#### Task statement:
Retype the entries below without any change.

Saved entries:
-=-=-=-=-

//! Redundant triples.

ghost use Rattle.std.specs.Prelude.{◌≡◌, ◌↔◌, IfOk, IsTrue, not};
ghost use Rattle.std.specs.List.{list_all, list_any};
ghost use Rattle.rdf_graph.specs.declared.term.Term.TheVariants as held;
ghost use Rattle.rdf_meaning.specs.Nodes.{carries_some, is_blank, of_subject};
ghost use Rattle.rdf_thin.specs.Thinned.{is_redundant, thinned, words_beside, words_beside_type};

use owl_characters::NoMemory;
use rdf_graph::{Gather, Graph, GraphFault, Term, Triple};
use rdf_meaning::Word;
use rdf_rows::{carries, has_iri, is_spelled, is_type_iri};
use rdf_terms::{Iri, rdf, rdfs};
use std::alloc::Global;

const ELEMENT_WORDS: [Word; 1] = [Word::First];

const CLASS_WORDS: [Word; 3] = [Word::Class, Word::Datatype, Word::Restriction];

const PROPERTY_WORDS: [Word; 3] = [
    Word::ObjectProperty,
    Word::DatatypeProperty,
    Word::AnnotationProperty,
];

const RESTRICTION_WORDS: [Word; 1] = [Word::Restriction];

const INVERSE_WORDS: [Word; 1] = [Word::InverseOf];

/// The graph without its redundant triples, which are types that tools of OWL 1 write:
/// rdf:List of a blank node that has an rdf:first; rdfs:Class of what is a class, a
/// datatype or a restriction; rdf:Property of what is a property; owl:Class of a blank
/// node that is a restriction; owl:ObjectProperty of a blank node that is the inverse
/// of an IRI. Each is tested in the whole graph.
pub fn thin(alloc: Global, graph: &Graph) -> Result<Graph, NoMemory>
    ensures { IfOk result (λ thin. thin ≡ thinned graph.now) }
{
    let mut gather = Gather::new(alloc);
    'triples: for triple in graph.triples() {
        if !is_redundant(graph, triple) {
            gather.add(triple.copy(alloc)?)?;
        }
    }
    match gather.finish() {
        Ok(graph) => Ok(graph),
        Err(GraphFault::TooMany) => unreachable!(),
        Err(GraphFault::Memory) => Err(NoMemory),
    }
}

/// Whether no triple of the graph is redundant. Takes no memory.
pub fn is_thin(graph: &Graph) -> bool
    ensures { IsTrue result ↔ (thinned graph.now ≡ graph.now) }
{
    none_is_redundant(graph, graph.triples())
}

/// Whether none of the triples is redundant in the graph.
fn none_is_redundant(graph: &Graph, triples: &[Triple]) -> bool
    ensures { result ≡ list_all (λ t. not (is_redundant graph.now t)) triples.now }
{
    triples.iter().all(|triple| !is_redundant(graph, triple))
}

/// Whether the triple is a type that is redundant in the graph.
#[tactic(auto, unfolding(crate::specs::Thinned::is_redundant))]
fn is_redundant(graph: &Graph, triple: &Triple) -> bool
    ensures { result ≡ is_redundant graph.now triple.now }
{
    is_type_iri(&triple.predicate) && is_said_beside(graph, triple)
}

/// Whether another triple of the subject says what the type says, where it is one. Most
/// types are those of IRIs, which none is beside, and so their subjects are not looked up.
fn is_said_beside(graph: &Graph, triple: &Triple) -> bool
    ensures { result ≡ list_any
        (carries_some (words_beside_type triple.now.subject triple.now.object))
        (of_subject graph.now triple.now.subject) }
{
    let words = words_of(triple);
    if words.is_empty() {
        return false;
    }
    has_some(graph.about(&triple.subject), words)
}

/// The words beside which the object, as a type, is redundant.
fn words_of(triple: &Triple) -> &'static [Word]
    ensures { result.now ≡ words_beside_type triple.now.subject triple.now.object }
{
    match &triple.object {
        Term::Iri(class) => words_beside(is_blank(&triple.subject), class),
        Term::Blank(_) | Term::Literal(_) => &[],
    }
}

/// The words beside which the class, as the type of a blank node or of another term, is
/// redundant.
#[tactic(auto, unfolding(crate::specs::Thinned::words_beside))]
fn words_beside(of_blank: bool, class: &Iri) -> &'static [Word]
    ensures { result.now ≡ words_beside of_blank class.now }
{
    if of_blank && is_spelled(class, rdf!("List")) {
        &ELEMENT_WORDS
    } else if is_spelled(class, rdfs!("Class")) {
        &CLASS_WORDS
    } else if is_spelled(class, rdf!("Property")) {
        &PROPERTY_WORDS
    } else if of_blank && has_iri(class, Word::Class) {
        &RESTRICTION_WORDS
    } else if of_blank && has_iri(class, Word::ObjectProperty) {
        &INVERSE_WORDS
    } else {
        &[]
    }
}

fn is_blank(term: &Term) -> bool
    ensures { result ≡ is_blank term.now }
{
    matches!(term, Term::Blank(_))
}

/// Whether one of the triples carries one of the words.
fn has_some(triples: &[Triple], words: &[Word]) -> bool
    ensures { result ≡ list_any (carries_some words.now) triples.now }
{
    triples.iter().any(|triple| carries_some(triple, words))
}

fn carries_some(triple: &Triple, words: &[Word]) -> bool
    ensures { result ≡ carries_some words.now triple.now }
{
    words.iter().any(|word| carries(triple, *word))
}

-=-=-=-=-

#### Task answer:
//! Redundant triples.

ghost use Rattle.std.specs.Prelude.{◌≡◌, ◌↔◌, IfOk, IsTrue, not};
ghost use Rattle.std.specs.List.{list_all, list_any};
ghost use Rattle.rdf_graph.specs.declared.term.Term.TheVariants as held;
ghost use Rattle.rdf_meaning.specs.Nodes.{carries_some, is_blank, of_subject};
ghost use Rattle.rdf_thin.specs.Thinned.{is_redundant, thinned, words_beside, words_beside_type};

use owl_characters::NoMemory;
use rdf_graph::{Gather, Graph, GraphFault, Term, Triple};
use rdf_meaning::Word;
use rdf_rows::{carries, has_iri, is_spelled, is_type_iri};
use rdf_terms::{Iri, rdf, rdfs};
use std::alloc::Global;

const ELEMENT_WORDS: [Word; 1] = [Word::First];

const CLASS_WORDS: [Word; 3] = [Word::Class, Word::Datatype, Word::Restriction];

const PROPERTY_WORDS: [Word; 3] = [
    Word::ObjectProperty,
    Word::DatatypeProperty,
    Word::AnnotationProperty,
];

const RESTRICTION_WORDS: [Word; 1] = [Word::Restriction];

const INVERSE_WORDS: [Word; 1] = [Word::InverseOf];

/// The graph without its redundant triples, which are types that tools of OWL 1 write:
/// rdf:List of a blank node that has an rdf:first; rdfs:Class of what is a class, a
/// datatype or a restriction; rdf:Property of what is a property; owl:Class of a blank
/// node that is a restriction; owl:ObjectProperty of a blank node that is the inverse
/// of an IRI. Each is tested in the whole graph.
pub fn thin(alloc: Global, graph: &Graph) -> Result<Graph, NoMemory>
    ensures { IfOk result (λ thin. thin ≡ thinned graph.now) }
{
    let mut gather = Gather::new(alloc);
    'triples: for triple in graph.triples() {
        if !is_redundant(graph, triple) {
            gather.add(triple.copy(alloc)?)?;
        }
    }
    match gather.finish() {
        Ok(graph) => Ok(graph),
        Err(GraphFault::TooMany) => unreachable!(),
        Err(GraphFault::Memory) => Err(NoMemory),
    }
}

/// Whether no triple of the graph is redundant. Takes no memory.
pub fn is_thin(graph: &Graph) -> bool
    ensures { IsTrue result ↔ (thinned graph.now ≡ graph.now) }
{
    none_is_redundant(graph, graph.triples())
}

/// Whether none of the triples is redundant in the graph.
fn none_is_redundant(graph: &Graph, triples: &[Triple]) -> bool
    ensures { result ≡ list_all (λ t. not (is_redundant graph.now t)) triples.now }
{
    triples.iter().all(|triple| !is_redundant(graph, triple))
}

/// Whether the triple is a type that is redundant in the graph.
#[tactic(auto, unfolding(crate::specs::Thinned::is_redundant))]
fn is_redundant(graph: &Graph, triple: &Triple) -> bool
    ensures { result ≡ is_redundant graph.now triple.now }
{
    is_type_iri(&triple.predicate) && is_said_beside(graph, triple)
}

/// Whether another triple of the subject says what the type says, where it is one. Most
/// types are those of IRIs, which none is beside, and so their subjects are not looked up.
fn is_said_beside(graph: &Graph, triple: &Triple) -> bool
    ensures { result ≡ list_any
        (carries_some (words_beside_type triple.now.subject triple.now.object))
        (of_subject graph.now triple.now.subject) }
{
    let words = words_of(triple);
    if words.is_empty() {
        return false;
    }
    has_some(graph.about(&triple.subject), words)
}

/// The words beside which the object, as a type, is redundant.
fn words_of(triple: &Triple) -> &'static [Word]
    ensures { result.now ≡ words_beside_type triple.now.subject triple.now.object }
{
    match &triple.object {
        Term::Iri(class) => words_beside(is_blank(&triple.subject), class),
        Term::Blank(_) | Term::Literal(_) => &[],
    }
}

/// The words beside which the class, as the type of a blank node or of another term, is
/// redundant.
#[tactic(auto, unfolding(crate::specs::Thinned::words_beside))]
fn words_beside(of_blank: bool, class: &Iri) -> &'static [Word]
    ensures { result.now ≡ words_beside of_blank class.now }
{
    if of_blank && is_spelled(class, rdf!("List")) {
        &ELEMENT_WORDS
    } else if is_spelled(class, rdfs!("Class")) {
        &CLASS_WORDS
    } else if is_spelled(class, rdf!("Property")) {
        &PROPERTY_WORDS
    } else if of_blank && has_iri(class, Word::Class) {
        &RESTRICTION_WORDS
    } else if of_blank && has_iri(class, Word::ObjectProperty) {
        &INVERSE_WORDS
    } else {
        &[]
    }
}

fn is_blank(term: &Term) -> bool
    ensures { result ≡ is_blank term.now }
{
    matches!(term, Term::Blank(_))
}

/// Whether one of the triples carries one of the words.
fn has_some(triples: &[Triple], words: &[Word]) -> bool
    ensures { result ≡ list_any (carries_some words.now) triples.now }
{
    triples.iter().any(|triple| carries_some(triple, words))
}

fn carries_some(triple: &Triple, words: &[Word]) -> bool
    ensures { result ≡ carries_some words.now triple.now }
{
    words.iter().any(|word| carries(triple, *word))
}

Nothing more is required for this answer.